Listed entries =
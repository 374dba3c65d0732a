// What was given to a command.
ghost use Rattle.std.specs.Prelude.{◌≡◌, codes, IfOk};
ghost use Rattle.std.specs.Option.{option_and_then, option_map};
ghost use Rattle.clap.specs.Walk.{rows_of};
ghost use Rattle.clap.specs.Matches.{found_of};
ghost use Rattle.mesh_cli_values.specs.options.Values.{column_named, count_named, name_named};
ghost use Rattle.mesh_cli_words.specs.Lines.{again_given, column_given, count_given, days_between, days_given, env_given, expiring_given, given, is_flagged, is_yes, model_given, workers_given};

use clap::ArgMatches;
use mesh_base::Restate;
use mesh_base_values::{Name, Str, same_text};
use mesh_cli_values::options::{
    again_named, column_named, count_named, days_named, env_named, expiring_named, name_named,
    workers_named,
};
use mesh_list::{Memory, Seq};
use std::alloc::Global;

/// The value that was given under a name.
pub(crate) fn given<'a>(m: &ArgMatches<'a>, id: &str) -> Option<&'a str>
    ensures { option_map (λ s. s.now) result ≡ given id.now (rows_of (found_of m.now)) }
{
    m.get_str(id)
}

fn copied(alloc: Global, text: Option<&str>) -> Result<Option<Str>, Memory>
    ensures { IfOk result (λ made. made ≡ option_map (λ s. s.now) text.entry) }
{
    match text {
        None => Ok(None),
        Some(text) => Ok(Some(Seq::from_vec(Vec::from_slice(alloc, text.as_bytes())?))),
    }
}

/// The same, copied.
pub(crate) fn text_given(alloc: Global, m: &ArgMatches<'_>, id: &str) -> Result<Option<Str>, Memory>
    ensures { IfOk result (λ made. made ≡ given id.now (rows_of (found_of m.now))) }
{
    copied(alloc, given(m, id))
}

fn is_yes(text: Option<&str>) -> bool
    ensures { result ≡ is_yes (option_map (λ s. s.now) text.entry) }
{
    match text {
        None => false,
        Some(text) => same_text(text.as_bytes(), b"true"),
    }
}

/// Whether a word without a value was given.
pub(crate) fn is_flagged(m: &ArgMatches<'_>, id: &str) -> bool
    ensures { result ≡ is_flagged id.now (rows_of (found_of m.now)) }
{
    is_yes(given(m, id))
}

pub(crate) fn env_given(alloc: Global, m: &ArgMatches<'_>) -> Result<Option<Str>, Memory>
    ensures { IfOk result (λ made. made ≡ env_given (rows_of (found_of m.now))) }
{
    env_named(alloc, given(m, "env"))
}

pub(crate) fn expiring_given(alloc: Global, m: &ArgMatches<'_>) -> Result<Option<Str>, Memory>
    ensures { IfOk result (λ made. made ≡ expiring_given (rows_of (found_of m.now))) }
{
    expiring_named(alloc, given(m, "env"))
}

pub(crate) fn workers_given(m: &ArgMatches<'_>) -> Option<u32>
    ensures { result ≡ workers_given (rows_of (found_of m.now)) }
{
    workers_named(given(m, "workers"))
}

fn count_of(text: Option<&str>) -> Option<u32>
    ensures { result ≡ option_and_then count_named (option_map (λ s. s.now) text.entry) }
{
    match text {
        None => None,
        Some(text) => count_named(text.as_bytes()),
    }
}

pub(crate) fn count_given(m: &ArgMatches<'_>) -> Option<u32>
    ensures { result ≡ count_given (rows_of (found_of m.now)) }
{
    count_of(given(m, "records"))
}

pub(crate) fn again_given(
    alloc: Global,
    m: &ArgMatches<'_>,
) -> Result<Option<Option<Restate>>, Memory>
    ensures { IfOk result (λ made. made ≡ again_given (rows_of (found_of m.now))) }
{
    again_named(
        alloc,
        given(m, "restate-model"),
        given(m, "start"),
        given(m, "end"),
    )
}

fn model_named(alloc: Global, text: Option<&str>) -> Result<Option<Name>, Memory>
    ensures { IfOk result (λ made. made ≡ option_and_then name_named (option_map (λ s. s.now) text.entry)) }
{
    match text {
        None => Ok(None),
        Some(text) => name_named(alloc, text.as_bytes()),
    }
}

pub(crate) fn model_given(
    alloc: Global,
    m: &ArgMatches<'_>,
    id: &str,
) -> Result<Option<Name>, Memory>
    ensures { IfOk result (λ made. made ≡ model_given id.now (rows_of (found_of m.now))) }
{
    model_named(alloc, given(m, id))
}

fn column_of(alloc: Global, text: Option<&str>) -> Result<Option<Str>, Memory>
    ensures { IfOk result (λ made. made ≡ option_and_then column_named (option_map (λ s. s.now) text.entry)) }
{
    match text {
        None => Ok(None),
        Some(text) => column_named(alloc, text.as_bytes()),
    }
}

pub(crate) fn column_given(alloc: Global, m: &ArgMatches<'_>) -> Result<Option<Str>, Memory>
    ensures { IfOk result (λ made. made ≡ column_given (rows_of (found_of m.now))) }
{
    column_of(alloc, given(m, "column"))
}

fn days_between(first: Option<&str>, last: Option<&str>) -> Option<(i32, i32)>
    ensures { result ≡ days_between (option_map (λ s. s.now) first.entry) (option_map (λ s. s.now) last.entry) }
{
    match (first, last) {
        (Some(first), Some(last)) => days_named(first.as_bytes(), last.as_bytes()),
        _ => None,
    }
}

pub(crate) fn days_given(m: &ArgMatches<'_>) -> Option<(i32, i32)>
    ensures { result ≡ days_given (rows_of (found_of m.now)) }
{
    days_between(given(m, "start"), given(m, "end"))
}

==

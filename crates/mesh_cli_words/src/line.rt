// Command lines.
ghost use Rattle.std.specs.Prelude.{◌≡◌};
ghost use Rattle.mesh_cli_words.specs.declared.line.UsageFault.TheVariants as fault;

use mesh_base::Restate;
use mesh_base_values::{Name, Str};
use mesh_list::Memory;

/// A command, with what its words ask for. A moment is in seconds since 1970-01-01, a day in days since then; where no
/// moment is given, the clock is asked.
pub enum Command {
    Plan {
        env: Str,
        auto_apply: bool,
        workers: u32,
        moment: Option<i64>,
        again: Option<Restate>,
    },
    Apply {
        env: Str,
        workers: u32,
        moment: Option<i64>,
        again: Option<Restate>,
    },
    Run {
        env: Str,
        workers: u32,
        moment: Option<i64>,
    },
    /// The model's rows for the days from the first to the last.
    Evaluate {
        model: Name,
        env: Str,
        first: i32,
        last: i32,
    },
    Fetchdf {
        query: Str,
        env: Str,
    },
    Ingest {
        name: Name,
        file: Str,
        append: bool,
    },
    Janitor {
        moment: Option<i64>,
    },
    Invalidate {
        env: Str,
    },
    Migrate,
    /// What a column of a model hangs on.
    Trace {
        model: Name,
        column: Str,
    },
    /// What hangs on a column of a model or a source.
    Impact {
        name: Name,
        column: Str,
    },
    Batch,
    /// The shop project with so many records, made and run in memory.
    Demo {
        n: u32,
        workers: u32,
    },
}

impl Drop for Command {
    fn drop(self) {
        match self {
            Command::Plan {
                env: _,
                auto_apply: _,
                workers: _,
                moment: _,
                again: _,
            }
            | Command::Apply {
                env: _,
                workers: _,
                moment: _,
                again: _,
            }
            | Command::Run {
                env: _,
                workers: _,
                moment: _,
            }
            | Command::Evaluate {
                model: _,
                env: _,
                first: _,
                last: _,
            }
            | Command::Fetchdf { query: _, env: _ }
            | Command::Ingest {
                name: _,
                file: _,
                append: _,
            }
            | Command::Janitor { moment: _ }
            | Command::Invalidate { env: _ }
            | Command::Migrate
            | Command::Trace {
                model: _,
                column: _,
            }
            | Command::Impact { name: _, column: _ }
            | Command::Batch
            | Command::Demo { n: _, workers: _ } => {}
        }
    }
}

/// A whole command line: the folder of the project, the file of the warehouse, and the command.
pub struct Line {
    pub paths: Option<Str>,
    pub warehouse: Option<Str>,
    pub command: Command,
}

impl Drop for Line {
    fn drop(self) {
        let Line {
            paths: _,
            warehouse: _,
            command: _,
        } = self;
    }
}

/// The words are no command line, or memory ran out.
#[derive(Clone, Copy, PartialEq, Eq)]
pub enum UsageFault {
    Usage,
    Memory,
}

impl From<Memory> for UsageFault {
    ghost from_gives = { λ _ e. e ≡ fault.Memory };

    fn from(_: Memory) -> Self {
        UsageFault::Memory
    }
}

* * *

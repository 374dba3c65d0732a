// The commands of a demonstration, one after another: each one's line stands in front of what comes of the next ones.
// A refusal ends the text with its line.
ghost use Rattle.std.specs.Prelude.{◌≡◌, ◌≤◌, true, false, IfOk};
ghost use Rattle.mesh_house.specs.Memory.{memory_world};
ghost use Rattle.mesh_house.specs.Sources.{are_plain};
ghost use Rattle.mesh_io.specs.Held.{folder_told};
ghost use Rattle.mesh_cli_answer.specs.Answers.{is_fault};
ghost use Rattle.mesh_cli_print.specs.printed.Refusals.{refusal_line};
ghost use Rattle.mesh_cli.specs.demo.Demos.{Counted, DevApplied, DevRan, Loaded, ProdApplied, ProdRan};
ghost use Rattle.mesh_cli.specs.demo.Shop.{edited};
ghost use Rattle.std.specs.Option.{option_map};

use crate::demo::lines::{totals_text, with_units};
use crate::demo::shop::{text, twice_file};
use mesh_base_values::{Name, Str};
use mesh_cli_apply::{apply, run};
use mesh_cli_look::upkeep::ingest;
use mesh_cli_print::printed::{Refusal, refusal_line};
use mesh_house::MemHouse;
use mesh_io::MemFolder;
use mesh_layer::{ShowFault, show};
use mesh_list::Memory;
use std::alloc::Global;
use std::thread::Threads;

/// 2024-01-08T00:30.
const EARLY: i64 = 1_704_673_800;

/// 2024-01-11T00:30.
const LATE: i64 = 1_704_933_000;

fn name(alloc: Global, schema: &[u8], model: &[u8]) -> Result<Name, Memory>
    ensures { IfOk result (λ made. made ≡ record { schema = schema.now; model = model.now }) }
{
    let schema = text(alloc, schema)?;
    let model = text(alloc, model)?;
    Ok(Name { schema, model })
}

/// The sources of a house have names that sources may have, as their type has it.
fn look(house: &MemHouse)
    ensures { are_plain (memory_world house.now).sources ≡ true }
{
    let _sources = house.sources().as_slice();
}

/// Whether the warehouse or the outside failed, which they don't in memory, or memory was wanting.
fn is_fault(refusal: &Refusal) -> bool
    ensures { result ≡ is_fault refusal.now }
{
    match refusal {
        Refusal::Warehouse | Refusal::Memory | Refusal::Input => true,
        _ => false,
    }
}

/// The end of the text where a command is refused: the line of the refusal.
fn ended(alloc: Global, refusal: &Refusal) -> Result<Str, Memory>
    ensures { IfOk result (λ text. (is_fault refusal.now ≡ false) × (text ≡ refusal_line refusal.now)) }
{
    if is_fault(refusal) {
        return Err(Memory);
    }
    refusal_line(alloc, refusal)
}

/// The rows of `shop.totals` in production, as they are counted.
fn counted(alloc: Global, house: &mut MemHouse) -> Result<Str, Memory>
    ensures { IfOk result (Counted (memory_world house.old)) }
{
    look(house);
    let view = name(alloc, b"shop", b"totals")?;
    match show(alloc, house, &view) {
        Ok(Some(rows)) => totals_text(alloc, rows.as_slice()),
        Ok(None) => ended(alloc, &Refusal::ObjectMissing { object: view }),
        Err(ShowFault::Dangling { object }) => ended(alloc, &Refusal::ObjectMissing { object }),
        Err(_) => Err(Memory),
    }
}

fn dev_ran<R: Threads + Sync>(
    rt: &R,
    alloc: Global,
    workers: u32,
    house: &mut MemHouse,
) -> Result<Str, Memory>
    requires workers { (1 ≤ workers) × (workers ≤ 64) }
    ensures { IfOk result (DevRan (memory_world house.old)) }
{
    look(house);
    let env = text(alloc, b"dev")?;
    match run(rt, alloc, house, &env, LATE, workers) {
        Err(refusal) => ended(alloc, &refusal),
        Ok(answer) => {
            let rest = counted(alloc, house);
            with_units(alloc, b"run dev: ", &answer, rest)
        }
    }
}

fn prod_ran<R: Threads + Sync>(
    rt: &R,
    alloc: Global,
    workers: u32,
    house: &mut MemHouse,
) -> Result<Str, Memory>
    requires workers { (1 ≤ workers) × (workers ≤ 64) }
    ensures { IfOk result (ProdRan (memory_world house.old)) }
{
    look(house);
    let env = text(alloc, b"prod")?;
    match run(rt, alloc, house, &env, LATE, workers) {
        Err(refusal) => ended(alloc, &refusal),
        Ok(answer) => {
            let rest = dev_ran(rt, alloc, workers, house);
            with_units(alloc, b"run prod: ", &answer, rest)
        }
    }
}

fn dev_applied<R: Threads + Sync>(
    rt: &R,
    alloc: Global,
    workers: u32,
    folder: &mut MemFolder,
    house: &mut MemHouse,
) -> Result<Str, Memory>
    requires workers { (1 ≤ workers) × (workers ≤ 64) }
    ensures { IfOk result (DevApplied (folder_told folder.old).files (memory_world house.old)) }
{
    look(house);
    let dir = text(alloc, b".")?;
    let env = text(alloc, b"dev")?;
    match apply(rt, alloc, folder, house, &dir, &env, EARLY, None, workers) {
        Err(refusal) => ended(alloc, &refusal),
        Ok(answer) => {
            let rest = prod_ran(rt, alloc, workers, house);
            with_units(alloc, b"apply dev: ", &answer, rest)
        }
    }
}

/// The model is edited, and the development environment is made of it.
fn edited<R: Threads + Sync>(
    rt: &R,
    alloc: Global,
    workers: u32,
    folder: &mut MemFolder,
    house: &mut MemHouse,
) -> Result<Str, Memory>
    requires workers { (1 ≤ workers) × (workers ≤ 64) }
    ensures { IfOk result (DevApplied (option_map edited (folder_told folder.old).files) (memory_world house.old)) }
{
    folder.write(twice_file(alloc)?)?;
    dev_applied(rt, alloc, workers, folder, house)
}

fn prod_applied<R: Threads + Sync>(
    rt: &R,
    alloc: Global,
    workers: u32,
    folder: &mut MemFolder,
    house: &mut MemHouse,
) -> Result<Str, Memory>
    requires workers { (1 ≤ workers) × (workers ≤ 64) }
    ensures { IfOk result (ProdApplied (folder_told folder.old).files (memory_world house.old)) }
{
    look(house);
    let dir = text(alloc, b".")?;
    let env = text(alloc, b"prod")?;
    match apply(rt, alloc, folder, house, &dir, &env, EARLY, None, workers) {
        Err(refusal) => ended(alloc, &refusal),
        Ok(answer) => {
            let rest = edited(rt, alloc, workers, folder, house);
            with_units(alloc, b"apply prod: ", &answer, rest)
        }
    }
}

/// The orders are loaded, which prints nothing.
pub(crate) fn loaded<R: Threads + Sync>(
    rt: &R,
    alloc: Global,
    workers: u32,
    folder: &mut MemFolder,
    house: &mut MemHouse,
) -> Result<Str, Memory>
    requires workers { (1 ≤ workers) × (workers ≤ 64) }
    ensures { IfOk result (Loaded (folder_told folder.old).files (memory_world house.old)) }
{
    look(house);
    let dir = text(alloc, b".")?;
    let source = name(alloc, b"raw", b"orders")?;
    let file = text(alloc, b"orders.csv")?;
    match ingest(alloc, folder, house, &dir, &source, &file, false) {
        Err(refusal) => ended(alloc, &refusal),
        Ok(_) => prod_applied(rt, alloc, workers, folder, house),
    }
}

Try it = Some lines of the data above may hold the word "object"; report how many do, and nothing else.

Written reply = 2